* _Extracted information_
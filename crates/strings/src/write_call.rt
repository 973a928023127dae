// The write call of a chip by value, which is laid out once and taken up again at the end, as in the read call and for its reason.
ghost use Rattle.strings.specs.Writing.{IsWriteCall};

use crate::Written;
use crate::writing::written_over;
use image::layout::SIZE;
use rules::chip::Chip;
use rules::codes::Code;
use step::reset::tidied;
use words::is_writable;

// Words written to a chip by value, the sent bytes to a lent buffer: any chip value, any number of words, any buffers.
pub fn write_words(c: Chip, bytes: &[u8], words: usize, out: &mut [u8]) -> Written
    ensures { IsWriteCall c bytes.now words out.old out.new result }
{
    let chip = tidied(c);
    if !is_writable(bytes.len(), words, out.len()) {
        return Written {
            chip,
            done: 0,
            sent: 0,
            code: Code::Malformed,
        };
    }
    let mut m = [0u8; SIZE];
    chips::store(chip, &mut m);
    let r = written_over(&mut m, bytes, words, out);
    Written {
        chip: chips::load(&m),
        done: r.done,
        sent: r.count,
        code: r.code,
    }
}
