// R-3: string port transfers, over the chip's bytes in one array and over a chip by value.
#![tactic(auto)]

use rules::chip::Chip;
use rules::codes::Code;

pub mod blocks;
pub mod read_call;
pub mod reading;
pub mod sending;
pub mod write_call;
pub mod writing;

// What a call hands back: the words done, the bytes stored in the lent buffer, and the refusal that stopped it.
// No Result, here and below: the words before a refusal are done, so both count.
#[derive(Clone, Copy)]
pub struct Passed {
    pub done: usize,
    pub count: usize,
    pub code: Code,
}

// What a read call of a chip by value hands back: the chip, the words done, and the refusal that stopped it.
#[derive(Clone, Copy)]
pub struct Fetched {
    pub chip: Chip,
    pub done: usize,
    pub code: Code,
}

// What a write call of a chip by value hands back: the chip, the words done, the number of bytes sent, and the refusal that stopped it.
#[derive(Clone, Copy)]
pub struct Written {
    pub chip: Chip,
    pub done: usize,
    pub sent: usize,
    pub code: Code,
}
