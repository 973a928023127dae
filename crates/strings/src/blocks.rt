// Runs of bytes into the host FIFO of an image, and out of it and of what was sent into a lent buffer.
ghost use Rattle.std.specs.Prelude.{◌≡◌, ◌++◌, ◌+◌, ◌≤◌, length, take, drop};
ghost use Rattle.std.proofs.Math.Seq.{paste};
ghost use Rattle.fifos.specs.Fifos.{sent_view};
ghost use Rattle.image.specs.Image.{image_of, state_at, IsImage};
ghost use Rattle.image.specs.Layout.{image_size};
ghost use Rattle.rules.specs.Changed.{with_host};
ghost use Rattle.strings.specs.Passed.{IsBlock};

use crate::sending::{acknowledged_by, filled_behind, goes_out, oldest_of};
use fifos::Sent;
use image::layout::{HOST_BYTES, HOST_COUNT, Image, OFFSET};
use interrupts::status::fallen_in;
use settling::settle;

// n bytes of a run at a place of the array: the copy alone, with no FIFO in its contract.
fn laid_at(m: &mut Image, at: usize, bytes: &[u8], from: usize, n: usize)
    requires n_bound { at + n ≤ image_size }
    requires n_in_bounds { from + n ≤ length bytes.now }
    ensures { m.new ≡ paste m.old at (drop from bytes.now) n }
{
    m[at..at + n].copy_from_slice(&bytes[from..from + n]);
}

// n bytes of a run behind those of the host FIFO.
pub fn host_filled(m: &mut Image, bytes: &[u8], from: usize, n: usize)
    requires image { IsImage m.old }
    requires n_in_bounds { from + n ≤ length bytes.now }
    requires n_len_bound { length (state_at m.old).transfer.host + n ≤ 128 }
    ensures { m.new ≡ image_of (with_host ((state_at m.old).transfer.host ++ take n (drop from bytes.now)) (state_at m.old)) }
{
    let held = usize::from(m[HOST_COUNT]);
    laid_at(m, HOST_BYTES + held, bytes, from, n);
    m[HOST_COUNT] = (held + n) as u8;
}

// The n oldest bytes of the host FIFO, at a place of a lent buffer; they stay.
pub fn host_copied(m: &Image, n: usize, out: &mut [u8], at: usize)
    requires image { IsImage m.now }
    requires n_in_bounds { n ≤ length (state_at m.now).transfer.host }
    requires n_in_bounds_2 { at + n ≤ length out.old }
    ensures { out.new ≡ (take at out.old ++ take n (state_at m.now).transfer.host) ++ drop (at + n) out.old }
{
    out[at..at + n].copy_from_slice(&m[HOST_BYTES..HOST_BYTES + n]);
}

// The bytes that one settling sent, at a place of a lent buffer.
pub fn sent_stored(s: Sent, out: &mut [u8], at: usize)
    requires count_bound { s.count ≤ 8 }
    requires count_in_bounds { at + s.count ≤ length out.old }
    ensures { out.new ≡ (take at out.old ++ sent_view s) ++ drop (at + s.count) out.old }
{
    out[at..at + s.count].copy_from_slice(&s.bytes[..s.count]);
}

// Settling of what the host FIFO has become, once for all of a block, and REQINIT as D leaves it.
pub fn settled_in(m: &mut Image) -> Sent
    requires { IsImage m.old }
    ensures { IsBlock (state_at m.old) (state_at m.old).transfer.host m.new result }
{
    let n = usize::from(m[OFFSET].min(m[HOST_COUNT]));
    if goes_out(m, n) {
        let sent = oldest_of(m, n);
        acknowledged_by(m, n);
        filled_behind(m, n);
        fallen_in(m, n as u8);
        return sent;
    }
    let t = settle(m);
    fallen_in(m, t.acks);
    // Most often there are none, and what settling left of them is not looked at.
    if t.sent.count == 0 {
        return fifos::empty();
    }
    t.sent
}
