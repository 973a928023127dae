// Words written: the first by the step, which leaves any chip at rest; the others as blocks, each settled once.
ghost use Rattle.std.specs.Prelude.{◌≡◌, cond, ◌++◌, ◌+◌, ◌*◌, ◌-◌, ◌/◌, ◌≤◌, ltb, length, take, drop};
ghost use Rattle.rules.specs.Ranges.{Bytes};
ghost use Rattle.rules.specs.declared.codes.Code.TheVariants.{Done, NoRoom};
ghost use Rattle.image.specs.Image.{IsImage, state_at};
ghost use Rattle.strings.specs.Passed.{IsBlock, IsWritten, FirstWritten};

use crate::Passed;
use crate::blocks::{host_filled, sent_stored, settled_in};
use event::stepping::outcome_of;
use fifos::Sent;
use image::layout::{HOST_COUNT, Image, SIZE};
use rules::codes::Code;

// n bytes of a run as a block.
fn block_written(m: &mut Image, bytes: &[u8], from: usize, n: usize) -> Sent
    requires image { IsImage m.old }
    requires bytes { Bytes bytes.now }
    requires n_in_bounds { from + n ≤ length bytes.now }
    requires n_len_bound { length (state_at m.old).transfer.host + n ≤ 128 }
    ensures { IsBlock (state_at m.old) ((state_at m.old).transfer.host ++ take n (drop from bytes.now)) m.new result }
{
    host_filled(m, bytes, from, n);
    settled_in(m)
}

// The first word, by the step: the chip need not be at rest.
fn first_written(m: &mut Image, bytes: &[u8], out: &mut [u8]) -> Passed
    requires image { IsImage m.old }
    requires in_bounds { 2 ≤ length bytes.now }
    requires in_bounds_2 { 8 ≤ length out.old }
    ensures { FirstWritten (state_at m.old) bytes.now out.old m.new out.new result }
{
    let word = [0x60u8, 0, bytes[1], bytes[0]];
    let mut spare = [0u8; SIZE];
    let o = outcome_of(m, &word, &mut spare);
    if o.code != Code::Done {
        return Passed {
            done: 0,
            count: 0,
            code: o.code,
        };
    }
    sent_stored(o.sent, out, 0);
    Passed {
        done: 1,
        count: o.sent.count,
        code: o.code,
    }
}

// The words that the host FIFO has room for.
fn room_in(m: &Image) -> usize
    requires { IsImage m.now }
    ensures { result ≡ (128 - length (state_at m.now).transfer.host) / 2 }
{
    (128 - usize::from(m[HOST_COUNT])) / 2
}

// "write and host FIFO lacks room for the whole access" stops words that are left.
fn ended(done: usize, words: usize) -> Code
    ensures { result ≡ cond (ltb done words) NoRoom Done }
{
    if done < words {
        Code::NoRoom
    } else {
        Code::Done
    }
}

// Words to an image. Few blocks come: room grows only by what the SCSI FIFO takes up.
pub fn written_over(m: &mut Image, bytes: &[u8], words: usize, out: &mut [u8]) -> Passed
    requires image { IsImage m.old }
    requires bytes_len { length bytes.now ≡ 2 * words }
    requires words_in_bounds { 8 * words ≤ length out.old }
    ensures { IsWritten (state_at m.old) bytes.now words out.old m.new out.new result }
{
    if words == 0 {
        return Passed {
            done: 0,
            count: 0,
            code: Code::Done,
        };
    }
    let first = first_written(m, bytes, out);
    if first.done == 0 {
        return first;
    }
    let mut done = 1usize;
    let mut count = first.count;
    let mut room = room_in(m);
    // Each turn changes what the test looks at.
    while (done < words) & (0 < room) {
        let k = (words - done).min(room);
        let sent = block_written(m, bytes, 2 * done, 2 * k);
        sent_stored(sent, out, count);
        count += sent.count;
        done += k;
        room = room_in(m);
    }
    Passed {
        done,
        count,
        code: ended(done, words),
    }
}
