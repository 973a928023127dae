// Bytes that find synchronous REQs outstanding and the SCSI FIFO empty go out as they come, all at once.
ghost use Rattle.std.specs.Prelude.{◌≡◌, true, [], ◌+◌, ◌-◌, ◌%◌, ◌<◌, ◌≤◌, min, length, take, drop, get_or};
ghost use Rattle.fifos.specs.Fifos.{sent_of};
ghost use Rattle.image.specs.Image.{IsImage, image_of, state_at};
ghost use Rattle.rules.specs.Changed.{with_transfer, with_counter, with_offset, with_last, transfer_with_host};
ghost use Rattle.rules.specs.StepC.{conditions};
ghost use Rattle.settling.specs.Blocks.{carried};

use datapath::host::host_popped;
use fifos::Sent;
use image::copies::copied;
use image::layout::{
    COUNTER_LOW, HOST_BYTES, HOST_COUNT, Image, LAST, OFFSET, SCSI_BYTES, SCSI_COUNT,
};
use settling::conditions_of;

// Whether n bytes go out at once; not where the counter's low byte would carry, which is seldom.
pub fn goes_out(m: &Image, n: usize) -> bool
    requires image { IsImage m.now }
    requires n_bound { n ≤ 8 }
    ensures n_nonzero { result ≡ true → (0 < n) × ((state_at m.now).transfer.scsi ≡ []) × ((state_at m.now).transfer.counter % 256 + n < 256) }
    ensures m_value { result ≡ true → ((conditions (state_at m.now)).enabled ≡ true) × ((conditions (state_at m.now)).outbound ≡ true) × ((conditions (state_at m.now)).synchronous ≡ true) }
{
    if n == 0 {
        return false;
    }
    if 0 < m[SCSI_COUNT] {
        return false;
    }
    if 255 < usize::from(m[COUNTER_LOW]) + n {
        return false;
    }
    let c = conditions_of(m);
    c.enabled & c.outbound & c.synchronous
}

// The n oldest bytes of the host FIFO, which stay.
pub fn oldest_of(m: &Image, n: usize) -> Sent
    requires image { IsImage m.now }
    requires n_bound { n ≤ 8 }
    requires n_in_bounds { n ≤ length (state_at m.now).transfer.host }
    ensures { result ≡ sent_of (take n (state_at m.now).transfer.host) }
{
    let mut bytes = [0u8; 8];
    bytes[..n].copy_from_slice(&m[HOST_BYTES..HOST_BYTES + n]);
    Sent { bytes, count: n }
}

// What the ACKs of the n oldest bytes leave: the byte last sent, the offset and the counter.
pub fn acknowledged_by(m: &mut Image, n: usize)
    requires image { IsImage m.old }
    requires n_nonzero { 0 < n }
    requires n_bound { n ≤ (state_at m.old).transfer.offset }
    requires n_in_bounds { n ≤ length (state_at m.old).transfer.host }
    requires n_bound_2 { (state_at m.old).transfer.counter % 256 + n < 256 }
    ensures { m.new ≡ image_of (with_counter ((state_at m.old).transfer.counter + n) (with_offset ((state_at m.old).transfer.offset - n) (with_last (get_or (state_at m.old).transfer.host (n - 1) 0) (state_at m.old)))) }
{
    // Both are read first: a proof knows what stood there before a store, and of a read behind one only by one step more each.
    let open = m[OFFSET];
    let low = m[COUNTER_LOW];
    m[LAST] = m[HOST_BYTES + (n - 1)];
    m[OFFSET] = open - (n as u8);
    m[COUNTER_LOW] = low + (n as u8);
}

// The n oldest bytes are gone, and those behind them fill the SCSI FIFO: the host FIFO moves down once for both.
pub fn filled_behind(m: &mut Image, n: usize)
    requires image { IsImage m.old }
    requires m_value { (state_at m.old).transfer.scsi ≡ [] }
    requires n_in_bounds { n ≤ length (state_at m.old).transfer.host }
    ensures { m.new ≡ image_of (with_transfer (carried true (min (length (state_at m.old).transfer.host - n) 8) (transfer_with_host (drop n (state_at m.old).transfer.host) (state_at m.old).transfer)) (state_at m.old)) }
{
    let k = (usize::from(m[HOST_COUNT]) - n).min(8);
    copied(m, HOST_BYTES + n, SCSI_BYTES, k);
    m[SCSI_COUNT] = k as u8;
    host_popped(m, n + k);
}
* * *
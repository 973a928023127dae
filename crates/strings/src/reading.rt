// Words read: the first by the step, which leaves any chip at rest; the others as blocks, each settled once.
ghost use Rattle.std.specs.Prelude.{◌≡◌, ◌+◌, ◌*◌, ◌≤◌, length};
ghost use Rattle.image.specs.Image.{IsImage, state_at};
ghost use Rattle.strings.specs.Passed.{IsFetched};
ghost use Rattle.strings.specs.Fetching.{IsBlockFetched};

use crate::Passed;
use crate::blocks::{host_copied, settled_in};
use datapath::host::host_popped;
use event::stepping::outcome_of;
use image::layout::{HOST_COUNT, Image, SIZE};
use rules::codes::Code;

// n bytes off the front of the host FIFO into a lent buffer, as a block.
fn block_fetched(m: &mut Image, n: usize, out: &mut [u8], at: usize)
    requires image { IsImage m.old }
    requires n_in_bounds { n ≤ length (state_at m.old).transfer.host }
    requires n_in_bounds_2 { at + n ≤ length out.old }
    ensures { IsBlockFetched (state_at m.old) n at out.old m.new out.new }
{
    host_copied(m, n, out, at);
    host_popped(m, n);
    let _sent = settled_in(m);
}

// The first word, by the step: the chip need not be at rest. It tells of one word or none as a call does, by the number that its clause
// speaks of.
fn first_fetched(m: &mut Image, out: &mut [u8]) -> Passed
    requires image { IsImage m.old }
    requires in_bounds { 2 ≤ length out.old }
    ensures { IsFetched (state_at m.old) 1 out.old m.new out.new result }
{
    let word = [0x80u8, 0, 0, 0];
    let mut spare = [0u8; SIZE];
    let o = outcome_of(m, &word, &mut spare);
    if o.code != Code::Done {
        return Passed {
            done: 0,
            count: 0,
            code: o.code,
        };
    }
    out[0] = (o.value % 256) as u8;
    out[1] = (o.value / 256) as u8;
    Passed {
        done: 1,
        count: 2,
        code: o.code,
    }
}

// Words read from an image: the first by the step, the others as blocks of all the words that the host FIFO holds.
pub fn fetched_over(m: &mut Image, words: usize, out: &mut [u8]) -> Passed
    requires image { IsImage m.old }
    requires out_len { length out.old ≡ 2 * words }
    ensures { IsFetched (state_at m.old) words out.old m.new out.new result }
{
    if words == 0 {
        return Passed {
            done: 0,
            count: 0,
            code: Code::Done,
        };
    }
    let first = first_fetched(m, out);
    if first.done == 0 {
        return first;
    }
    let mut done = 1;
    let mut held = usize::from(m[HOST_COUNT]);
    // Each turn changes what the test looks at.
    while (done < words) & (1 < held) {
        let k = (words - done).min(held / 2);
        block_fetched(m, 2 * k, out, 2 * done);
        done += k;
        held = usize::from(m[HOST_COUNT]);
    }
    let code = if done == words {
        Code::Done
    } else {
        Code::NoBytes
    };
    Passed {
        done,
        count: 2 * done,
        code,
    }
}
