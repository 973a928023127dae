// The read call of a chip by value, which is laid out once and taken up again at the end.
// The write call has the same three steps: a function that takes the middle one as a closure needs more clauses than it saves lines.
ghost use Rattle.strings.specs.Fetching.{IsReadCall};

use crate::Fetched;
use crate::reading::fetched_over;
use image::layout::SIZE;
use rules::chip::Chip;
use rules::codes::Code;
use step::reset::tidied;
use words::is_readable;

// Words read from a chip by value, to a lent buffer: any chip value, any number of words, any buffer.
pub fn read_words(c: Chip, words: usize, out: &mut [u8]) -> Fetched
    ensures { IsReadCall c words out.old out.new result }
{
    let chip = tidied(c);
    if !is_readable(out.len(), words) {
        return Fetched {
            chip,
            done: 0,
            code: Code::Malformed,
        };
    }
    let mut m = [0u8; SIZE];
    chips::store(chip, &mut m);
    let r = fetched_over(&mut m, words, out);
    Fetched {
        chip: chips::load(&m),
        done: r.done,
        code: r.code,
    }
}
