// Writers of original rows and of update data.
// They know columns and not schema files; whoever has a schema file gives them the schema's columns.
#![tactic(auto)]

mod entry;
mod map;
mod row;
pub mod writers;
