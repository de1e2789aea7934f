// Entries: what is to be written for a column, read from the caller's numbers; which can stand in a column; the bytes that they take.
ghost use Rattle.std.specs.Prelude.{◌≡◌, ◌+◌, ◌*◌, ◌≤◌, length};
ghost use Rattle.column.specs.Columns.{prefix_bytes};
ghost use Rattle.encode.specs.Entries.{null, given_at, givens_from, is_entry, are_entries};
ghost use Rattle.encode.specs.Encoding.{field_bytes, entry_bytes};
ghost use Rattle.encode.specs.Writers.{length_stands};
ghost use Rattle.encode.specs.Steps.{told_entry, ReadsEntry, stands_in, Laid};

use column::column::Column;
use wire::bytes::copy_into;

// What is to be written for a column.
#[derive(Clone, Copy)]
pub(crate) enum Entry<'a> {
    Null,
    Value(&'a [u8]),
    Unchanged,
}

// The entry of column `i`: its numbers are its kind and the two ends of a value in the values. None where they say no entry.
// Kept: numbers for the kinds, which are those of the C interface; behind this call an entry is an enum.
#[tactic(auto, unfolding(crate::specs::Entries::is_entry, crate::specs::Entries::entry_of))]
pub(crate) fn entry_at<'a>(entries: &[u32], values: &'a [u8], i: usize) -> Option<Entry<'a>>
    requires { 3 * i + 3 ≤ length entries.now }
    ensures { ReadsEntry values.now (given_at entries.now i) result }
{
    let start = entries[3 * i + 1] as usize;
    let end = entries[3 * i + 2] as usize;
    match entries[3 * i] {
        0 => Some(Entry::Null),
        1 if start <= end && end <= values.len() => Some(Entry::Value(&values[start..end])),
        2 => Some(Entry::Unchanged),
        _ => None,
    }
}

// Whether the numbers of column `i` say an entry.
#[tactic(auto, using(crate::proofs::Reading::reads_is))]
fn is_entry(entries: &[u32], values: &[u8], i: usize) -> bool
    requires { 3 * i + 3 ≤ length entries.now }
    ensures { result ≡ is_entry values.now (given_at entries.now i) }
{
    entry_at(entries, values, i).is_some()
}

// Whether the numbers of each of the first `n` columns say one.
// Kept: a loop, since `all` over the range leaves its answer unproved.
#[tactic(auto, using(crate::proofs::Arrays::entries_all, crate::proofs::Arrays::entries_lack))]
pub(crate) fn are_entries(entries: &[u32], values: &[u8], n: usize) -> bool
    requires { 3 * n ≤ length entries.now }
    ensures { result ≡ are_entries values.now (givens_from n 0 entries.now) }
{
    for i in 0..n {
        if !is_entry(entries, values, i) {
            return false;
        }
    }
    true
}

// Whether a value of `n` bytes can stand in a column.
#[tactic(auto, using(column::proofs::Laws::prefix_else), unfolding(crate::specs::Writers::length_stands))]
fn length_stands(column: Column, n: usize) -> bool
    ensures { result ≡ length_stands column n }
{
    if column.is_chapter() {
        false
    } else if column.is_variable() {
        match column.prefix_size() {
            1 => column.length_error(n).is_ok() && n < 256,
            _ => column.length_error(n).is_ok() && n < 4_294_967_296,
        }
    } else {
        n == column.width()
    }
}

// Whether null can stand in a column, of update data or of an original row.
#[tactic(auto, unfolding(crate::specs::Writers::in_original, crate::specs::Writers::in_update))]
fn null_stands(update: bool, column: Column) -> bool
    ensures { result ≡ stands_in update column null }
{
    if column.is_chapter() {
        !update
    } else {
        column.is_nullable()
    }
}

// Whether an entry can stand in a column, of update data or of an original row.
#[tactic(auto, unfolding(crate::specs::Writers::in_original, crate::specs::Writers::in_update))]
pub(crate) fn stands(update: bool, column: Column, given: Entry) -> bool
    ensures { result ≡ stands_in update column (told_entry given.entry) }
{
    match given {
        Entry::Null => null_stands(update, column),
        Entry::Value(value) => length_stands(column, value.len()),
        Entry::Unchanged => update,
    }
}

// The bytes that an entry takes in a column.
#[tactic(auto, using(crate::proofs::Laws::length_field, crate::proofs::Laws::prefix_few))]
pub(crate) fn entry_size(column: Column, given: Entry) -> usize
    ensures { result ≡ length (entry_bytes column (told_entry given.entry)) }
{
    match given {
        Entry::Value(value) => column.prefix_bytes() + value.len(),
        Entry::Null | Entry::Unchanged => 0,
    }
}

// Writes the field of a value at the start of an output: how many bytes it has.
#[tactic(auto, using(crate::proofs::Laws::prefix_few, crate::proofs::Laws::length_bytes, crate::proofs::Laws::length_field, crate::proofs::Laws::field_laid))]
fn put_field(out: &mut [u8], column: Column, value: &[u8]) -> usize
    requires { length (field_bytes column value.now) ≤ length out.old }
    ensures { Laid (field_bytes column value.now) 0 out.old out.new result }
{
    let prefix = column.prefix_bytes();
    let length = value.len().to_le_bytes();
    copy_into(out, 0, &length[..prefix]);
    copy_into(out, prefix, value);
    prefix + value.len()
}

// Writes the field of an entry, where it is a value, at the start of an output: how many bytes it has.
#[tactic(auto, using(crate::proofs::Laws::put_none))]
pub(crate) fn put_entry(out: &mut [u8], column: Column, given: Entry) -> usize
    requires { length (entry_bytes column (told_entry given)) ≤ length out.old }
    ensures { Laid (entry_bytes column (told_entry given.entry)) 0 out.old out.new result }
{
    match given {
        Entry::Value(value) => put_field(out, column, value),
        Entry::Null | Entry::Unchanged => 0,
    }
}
==
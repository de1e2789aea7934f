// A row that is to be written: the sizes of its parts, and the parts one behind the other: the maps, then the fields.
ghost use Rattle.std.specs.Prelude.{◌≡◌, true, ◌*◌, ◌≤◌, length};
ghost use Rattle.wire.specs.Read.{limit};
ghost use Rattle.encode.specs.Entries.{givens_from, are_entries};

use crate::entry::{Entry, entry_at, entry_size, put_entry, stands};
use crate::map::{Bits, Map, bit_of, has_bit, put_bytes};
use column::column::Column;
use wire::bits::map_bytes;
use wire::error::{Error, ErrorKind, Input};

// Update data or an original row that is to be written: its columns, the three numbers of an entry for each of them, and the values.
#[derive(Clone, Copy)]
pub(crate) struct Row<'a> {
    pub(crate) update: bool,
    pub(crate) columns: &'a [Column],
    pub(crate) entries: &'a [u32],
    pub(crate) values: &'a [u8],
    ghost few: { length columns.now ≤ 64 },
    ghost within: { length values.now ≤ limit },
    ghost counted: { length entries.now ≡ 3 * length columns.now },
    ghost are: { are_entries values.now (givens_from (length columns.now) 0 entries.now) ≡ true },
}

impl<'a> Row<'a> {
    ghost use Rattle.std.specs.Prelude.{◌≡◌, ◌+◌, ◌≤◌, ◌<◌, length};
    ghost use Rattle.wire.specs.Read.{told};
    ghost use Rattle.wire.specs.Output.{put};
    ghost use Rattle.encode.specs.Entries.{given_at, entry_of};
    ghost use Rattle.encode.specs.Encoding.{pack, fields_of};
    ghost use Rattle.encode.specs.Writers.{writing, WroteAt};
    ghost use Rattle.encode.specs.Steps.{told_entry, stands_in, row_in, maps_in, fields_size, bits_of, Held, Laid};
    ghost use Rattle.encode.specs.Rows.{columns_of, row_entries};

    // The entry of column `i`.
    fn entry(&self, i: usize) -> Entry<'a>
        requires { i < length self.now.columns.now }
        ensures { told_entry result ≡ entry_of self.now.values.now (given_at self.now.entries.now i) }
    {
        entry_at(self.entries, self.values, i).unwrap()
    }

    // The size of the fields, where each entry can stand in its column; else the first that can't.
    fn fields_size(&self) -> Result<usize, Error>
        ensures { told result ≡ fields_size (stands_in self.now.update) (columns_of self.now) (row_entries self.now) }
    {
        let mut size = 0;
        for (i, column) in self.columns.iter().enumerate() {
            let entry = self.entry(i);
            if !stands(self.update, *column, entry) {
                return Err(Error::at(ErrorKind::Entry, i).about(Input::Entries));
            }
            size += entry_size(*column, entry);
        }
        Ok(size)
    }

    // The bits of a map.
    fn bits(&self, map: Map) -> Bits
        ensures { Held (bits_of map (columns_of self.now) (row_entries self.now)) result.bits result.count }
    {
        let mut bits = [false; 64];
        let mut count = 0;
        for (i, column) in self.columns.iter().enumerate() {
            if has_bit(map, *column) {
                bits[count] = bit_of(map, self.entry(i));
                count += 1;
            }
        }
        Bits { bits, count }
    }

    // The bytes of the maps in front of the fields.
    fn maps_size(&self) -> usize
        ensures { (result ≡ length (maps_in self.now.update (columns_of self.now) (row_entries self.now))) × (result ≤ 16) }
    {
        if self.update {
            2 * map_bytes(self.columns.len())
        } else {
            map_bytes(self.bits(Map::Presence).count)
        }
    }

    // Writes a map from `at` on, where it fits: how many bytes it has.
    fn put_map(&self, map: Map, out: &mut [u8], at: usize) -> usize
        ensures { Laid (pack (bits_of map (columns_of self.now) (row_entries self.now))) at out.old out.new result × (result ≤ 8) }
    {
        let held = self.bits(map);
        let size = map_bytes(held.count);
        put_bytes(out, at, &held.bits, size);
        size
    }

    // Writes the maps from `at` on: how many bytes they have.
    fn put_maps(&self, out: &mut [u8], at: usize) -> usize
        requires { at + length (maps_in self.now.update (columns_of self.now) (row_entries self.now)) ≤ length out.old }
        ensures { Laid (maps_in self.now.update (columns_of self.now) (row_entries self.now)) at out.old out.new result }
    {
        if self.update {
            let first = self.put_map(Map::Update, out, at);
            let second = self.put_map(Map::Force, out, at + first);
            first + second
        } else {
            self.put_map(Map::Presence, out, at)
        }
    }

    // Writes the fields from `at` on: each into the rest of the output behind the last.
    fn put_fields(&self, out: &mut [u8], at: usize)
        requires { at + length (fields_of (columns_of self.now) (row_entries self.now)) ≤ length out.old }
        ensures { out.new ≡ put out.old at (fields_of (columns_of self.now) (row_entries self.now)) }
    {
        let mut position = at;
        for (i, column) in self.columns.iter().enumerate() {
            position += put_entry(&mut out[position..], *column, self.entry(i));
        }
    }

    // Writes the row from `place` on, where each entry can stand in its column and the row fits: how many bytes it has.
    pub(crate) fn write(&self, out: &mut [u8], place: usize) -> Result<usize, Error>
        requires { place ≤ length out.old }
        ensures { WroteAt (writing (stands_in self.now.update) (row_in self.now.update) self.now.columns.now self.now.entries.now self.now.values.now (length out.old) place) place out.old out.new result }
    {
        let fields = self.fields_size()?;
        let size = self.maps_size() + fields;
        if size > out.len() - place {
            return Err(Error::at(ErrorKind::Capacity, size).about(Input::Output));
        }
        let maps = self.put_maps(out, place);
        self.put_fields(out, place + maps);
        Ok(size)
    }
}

* _Problem description_
In how many lines of the data does the string "IsFetched" appear? Give only the number.

* _Task result_
3